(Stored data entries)

***

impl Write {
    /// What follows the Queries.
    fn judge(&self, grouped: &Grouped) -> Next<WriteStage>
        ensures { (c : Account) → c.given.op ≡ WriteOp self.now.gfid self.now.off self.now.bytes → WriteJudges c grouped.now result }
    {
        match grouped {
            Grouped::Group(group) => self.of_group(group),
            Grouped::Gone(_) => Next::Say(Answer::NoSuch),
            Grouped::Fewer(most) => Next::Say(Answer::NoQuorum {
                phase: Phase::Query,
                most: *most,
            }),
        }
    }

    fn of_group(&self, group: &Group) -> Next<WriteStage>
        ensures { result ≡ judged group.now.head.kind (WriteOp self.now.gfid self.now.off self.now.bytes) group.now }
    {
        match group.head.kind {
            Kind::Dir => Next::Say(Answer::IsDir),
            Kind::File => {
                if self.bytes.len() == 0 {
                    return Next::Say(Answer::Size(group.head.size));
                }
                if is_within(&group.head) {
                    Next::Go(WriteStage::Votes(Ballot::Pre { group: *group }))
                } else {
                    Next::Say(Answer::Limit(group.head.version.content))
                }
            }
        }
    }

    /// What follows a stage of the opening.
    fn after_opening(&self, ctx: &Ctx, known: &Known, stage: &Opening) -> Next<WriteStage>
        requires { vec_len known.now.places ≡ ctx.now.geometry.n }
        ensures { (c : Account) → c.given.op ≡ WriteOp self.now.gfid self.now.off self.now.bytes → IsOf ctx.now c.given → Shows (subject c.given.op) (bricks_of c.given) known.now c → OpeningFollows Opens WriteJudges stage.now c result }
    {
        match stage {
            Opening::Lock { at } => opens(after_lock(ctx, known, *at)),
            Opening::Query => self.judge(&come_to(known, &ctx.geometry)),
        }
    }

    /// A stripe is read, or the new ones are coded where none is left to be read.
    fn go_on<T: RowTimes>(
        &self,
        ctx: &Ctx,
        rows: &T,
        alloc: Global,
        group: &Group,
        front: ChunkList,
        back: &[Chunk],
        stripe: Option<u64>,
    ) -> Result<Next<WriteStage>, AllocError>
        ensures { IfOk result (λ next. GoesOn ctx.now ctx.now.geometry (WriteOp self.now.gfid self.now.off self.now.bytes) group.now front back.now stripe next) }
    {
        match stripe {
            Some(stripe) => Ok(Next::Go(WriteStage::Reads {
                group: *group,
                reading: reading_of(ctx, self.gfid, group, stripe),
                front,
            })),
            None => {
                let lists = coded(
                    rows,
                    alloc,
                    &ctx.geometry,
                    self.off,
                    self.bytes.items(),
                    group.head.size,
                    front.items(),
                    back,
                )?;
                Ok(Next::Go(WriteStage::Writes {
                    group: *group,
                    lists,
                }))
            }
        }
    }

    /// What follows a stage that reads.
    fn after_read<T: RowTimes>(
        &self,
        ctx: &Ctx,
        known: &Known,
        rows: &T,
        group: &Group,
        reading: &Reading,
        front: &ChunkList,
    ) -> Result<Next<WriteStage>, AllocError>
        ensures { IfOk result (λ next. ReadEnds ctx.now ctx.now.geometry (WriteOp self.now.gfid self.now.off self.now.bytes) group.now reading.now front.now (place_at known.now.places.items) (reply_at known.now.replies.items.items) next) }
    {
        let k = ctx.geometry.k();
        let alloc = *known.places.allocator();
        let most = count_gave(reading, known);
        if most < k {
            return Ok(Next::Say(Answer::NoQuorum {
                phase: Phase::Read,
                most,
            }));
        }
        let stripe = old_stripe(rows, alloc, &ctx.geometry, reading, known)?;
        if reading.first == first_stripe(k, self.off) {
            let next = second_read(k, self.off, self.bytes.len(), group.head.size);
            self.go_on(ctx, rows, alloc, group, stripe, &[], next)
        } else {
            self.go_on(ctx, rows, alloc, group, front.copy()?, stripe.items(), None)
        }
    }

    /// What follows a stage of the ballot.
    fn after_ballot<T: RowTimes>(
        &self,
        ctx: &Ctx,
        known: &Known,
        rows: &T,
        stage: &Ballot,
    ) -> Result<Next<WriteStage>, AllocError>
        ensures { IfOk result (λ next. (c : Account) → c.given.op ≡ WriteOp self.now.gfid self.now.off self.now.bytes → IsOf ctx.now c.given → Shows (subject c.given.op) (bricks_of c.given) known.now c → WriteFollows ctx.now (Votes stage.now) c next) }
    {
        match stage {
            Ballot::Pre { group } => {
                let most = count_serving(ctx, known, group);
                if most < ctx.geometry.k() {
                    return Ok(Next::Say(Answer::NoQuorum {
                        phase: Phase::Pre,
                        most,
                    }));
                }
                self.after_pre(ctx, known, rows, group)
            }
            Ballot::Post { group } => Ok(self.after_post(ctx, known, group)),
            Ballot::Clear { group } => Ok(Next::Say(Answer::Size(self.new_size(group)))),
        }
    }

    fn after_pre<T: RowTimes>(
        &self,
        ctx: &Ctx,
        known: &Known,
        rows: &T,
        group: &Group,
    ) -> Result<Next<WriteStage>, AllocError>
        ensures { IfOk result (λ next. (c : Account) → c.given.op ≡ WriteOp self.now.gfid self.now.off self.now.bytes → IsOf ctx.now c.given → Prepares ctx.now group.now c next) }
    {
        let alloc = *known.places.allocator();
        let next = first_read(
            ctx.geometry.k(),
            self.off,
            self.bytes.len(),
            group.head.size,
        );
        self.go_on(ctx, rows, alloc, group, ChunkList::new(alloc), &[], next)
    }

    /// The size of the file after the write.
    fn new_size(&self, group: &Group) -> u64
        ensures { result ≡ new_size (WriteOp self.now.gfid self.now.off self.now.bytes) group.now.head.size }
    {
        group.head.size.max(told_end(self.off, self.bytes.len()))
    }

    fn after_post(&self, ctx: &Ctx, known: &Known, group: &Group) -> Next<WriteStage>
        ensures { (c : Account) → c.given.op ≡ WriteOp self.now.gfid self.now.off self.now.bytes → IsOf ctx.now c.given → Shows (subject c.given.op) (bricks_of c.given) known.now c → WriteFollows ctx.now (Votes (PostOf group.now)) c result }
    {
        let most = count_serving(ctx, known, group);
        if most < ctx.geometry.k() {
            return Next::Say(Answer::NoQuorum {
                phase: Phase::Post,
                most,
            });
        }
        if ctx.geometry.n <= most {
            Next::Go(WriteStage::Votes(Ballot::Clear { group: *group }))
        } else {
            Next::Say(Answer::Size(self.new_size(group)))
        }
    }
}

***

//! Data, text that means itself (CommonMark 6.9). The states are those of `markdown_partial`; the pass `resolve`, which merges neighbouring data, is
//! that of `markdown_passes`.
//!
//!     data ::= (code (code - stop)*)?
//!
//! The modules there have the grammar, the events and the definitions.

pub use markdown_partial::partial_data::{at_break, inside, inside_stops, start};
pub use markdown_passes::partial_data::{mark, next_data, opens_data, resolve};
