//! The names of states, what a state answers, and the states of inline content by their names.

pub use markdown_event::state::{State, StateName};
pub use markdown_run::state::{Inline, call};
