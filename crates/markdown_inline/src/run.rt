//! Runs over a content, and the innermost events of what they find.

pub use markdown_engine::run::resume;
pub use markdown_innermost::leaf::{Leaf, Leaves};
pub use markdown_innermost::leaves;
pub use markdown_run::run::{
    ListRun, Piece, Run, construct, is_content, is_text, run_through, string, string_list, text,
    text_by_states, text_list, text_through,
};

***

▶ [Activity]: Every line in the data above that includes the word "WriteStage" should be copied.

▶ [Reply]:
    fn judge(&self, grouped: &Grouped) -> Next<WriteStage>
    fn of_group(&self, group: &Group) -> Next<WriteStage>
                    Next::Go(WriteStage::Votes(Ballot::Pre { group: *group }))
    fn after_opening(&self, ctx: &Ctx, known: &Known, stage: &Opening) -> Next<WriteStage>
    ) -> Result<Next<WriteStage>, AllocError>
            Some(stripe) => Ok(Next::Go(WriteStage::Reads {
                Ok(Next::Go(WriteStage::Writes {
    ) -> Result<Next<WriteStage>, AllocError>
    ) -> Result<Next<WriteStage>, AllocError>
    ) -> Result<Next<WriteStage>, AllocError>
    fn after_post(&self, ctx: &Ctx, known: &Known, group: &Group) -> Next<WriteStage>
            Next::Go(WriteStage::Votes(Ballot::Clear { group: *group }))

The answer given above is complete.